Em terceiro lugar, importa recuperar a responsabilidade da família. A família nunca será o que era e, em muitos casos, ainda bem. Para já é cada vez menos um modo relação social que seja tida como adquirida por toda a vida. Por outro lado, é cada vez menos uma forma de relação social que tem um modelo único. Porém, independentemente de saber se a família é cristã, se é registada como família legalmente sancionada ou resulta de uma pura união de facto, o que importa é que os pais tentem não despejar a responsabilidade da educação para a escola. Há valores éticos - subjacentes a uma ideia de autoridade baseada no reconhecimento - que são inerentes a esta forma de relação independentemente da sua caracterização religiosa ou jurídica. E vale a pena mantê-los e revitalizá-los.

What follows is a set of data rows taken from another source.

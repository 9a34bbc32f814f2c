//! Worked cases of instructions and programs, as bytes and as text. The crate `cases` has the notation.
//!
//! | Line | Outcome |
//! |---|---|
//! | `codec HEX` | the instruction at the front, the number of its slots, and its bytes as they are encoded |
//! | `dis HEX` | the text of the program |
//! | `places HEX` | what begins at each slot of the program, and after the last one |
//! | `exits COUNT` | the number of slots of a program of so many exits |
//! | `opcodes` | how many opcodes are the first byte of an instruction |
//! | `asm TEXT` | the hex lines of the program |
//! | `round TEXT` | the printed text of the program, if it is read again as the same program |
//! | `hex TEXT` | the slots of the hex lines |
//! | `program ARGUMENTS <TEXT` | how the command line of the host ends on these arguments and this input: status, output, fault |
//! | `map FD:KIND:KEY:VALUE:MAX` | the map that an argument names |
#![tactic(auto)]

mod arguments;
mod bytes;
mod player;
mod texts;

use cases::play_lines;
use player::TextPlayer;
use std::io;

/// Plays the lines of standard input (`play_lines`): writes each line, and below a case its outcome or its error, to standard output. The
/// crate's file `stdout` has the expected output. The error is that of the stream that failed.
fn main(rt: HostRuntime) -> io::Result<()> {
    let mut player = TextPlayer::new(rt.alloc());
    play_lines(&rt, &mut player)
}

3. No meio desta perplexidade que é saber que fazer da Educação hoje, a nossa Universidade foi avaliada pelo DN. Independentemente de alguns títulos mais berrantes, os textos do DN foram quase sempre sóbrios, inteligentes e moderados. Ficamos a saber que tínhamos boas instalações, bons equipamentos desportivos, boa acção social escolar, boa distribuição de computadores por aluno, menos boa distribuição de computadores por docente e menos boa ligação à Internet, assim como número de livros nas Bibliotecas. A celeridade da qualificação dos professores ainda não é a desejada mas com a conclusão da actual vaga de Doutoramentos e Mestrados, esse percurso será concluído. Em muitos itens estamos relativamente bem no ranking das universidades portuguesas, noutros estaremos relativamente menos bem. Até agora o pior índice diz respeito à capacidade de atracção. A interioridade e a ausência de acessibilidades é um preço caro pago anualmente pela Universidade. Para além daqueles pontos que se poderão colmatar com a alteração de prioridades (ligação à Internet, computadores e livros) o resto far-se-á com o esforçado trabalhinho da formiguinha, o qual não dá frutos a curto e médio prazo.

 

P.S. (Em jeito de S.O.S.)- A menos boa distribuição de computadores por docente lembrou-me o meu caso pessoal, já que todas as semanas trabalho no URBI, agora na Recensio e não serei dos que tenho menos textos na BOCC. Para além disso, coloco textos de apoio na página dos Académicos e pratico discussão com os alunos através de Fóruns Multimédia. Como porém, estava a dar aulas no Ernesto Cruz no primeiro semestre, não fui contemplado na distribuição de computadores por gabinete. Estando certo que, por este modo, todos os responsáveis já contactados a fim de tomarem conhecimento desta omissão terão a gentileza de se lembrarem da necessidade de a ultrapassar, aguardo com respeitosa serenidade a tomada de medidas adequadas.